━━━━━ Supplied records
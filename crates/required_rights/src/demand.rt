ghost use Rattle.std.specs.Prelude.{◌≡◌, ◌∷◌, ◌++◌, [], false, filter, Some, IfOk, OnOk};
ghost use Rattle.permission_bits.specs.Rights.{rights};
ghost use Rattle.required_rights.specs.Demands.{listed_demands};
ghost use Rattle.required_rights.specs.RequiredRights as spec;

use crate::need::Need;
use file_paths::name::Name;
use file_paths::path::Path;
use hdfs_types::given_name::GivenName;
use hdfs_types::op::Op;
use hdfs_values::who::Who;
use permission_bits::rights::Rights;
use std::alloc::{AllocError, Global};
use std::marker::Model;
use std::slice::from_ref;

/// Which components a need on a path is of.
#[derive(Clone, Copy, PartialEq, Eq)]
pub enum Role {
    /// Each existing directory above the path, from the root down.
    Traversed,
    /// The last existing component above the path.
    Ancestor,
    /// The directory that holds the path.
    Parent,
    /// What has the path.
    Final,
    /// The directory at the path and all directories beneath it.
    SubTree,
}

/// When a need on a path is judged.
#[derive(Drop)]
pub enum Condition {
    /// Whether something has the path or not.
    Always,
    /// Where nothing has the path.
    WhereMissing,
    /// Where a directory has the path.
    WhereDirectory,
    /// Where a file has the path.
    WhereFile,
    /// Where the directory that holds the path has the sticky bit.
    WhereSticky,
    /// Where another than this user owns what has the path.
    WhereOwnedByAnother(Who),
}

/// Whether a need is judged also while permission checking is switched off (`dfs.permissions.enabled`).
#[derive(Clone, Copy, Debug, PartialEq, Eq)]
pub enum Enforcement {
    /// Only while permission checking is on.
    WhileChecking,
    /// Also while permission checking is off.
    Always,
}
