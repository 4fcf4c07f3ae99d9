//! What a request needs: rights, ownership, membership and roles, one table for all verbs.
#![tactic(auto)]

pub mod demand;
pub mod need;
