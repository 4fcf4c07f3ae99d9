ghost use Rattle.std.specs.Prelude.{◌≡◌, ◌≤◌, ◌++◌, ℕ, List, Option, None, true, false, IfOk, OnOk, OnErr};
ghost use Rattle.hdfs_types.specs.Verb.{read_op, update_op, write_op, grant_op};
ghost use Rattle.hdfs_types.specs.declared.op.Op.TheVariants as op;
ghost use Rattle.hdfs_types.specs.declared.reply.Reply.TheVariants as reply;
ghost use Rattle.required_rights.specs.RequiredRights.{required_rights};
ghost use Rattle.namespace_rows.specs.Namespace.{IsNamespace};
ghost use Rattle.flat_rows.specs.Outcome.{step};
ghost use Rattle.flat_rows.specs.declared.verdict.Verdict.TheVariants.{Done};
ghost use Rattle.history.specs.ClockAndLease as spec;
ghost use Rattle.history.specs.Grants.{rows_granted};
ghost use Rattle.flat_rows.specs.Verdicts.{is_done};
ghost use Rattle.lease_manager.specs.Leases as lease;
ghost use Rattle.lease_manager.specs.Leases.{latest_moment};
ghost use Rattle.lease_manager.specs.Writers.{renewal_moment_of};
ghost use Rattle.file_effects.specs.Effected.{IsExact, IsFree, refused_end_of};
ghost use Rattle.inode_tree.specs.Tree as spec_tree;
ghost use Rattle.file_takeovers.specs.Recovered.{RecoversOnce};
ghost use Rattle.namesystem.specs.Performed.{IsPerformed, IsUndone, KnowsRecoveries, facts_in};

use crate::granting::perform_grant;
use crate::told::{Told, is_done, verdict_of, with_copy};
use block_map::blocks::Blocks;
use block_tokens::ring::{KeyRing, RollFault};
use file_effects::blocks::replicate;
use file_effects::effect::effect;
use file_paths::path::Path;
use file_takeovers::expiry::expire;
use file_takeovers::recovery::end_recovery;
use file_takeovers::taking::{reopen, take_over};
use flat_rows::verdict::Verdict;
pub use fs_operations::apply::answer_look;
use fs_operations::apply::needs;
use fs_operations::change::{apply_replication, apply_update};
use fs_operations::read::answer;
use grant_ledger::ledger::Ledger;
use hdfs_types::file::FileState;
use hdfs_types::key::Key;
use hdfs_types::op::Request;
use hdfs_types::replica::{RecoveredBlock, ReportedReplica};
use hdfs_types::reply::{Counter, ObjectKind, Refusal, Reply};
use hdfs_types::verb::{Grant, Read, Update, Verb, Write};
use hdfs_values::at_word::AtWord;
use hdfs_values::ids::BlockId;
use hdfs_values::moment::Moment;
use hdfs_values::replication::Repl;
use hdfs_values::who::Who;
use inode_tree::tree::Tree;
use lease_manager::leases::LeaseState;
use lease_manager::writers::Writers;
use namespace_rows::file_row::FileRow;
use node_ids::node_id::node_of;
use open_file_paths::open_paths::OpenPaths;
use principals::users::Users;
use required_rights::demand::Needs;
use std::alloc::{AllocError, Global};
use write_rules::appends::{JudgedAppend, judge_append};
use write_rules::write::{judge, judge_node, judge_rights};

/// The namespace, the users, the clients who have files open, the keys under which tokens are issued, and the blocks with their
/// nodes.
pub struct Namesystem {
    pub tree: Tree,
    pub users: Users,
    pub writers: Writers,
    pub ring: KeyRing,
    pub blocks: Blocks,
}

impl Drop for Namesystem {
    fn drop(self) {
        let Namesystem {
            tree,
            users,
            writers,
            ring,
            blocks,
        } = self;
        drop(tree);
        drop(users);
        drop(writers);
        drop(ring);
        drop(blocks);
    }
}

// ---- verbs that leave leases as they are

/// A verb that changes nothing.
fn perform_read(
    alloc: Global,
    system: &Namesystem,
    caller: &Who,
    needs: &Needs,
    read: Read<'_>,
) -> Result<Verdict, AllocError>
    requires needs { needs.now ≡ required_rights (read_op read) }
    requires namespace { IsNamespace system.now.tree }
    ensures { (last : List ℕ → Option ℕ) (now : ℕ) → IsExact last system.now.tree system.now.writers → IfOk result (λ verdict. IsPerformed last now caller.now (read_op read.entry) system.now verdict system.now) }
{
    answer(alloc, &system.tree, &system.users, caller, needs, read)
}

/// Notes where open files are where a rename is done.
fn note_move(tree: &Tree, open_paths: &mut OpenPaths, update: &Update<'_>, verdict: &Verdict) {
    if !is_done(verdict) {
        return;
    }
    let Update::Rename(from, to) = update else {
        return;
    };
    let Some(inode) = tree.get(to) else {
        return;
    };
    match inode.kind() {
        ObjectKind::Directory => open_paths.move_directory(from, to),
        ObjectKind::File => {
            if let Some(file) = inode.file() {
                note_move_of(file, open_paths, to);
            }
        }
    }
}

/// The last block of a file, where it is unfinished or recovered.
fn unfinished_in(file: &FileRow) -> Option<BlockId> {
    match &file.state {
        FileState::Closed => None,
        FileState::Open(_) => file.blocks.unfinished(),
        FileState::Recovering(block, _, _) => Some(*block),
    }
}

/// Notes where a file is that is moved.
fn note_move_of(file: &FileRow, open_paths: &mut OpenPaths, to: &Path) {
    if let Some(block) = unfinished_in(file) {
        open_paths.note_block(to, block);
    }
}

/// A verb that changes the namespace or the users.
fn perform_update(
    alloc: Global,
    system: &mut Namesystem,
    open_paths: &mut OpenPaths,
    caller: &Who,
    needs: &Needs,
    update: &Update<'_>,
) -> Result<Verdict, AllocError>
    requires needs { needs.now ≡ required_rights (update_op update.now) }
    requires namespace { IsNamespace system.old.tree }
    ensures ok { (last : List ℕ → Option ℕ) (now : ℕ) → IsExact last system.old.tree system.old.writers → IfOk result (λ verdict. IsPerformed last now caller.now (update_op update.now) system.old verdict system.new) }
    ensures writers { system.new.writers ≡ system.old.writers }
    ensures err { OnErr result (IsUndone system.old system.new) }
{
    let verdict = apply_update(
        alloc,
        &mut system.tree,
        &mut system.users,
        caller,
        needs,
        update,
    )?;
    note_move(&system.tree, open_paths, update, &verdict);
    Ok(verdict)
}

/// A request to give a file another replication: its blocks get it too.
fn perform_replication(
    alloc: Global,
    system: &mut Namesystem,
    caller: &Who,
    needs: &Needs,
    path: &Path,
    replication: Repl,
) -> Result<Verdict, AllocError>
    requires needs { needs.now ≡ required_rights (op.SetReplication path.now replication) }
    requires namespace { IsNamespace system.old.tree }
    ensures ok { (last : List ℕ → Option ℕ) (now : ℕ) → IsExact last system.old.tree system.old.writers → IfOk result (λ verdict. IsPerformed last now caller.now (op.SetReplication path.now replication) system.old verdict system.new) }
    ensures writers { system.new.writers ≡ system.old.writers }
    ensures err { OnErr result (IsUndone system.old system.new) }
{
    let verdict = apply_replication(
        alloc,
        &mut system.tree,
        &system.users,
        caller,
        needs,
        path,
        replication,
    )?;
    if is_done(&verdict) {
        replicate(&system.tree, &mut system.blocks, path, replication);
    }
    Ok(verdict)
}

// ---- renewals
━━━━━━━━━━
• _What is being asked_:
The answer is every line in the data where the word "blocks" appears.

• _The answer_:
use block_map::blocks::Blocks;
use file_effects::blocks::replicate;
/// The namespace, the users, the clients who have files open, the keys under which tokens are issued, and the blocks with their
    pub blocks: Blocks,
            blocks,
        drop(blocks);
        FileState::Open(_) => file.blocks.unfinished(),
/// A request to give a file another replication: its blocks get it too.
        replicate(&system.tree, &mut system.blocks, path, replication);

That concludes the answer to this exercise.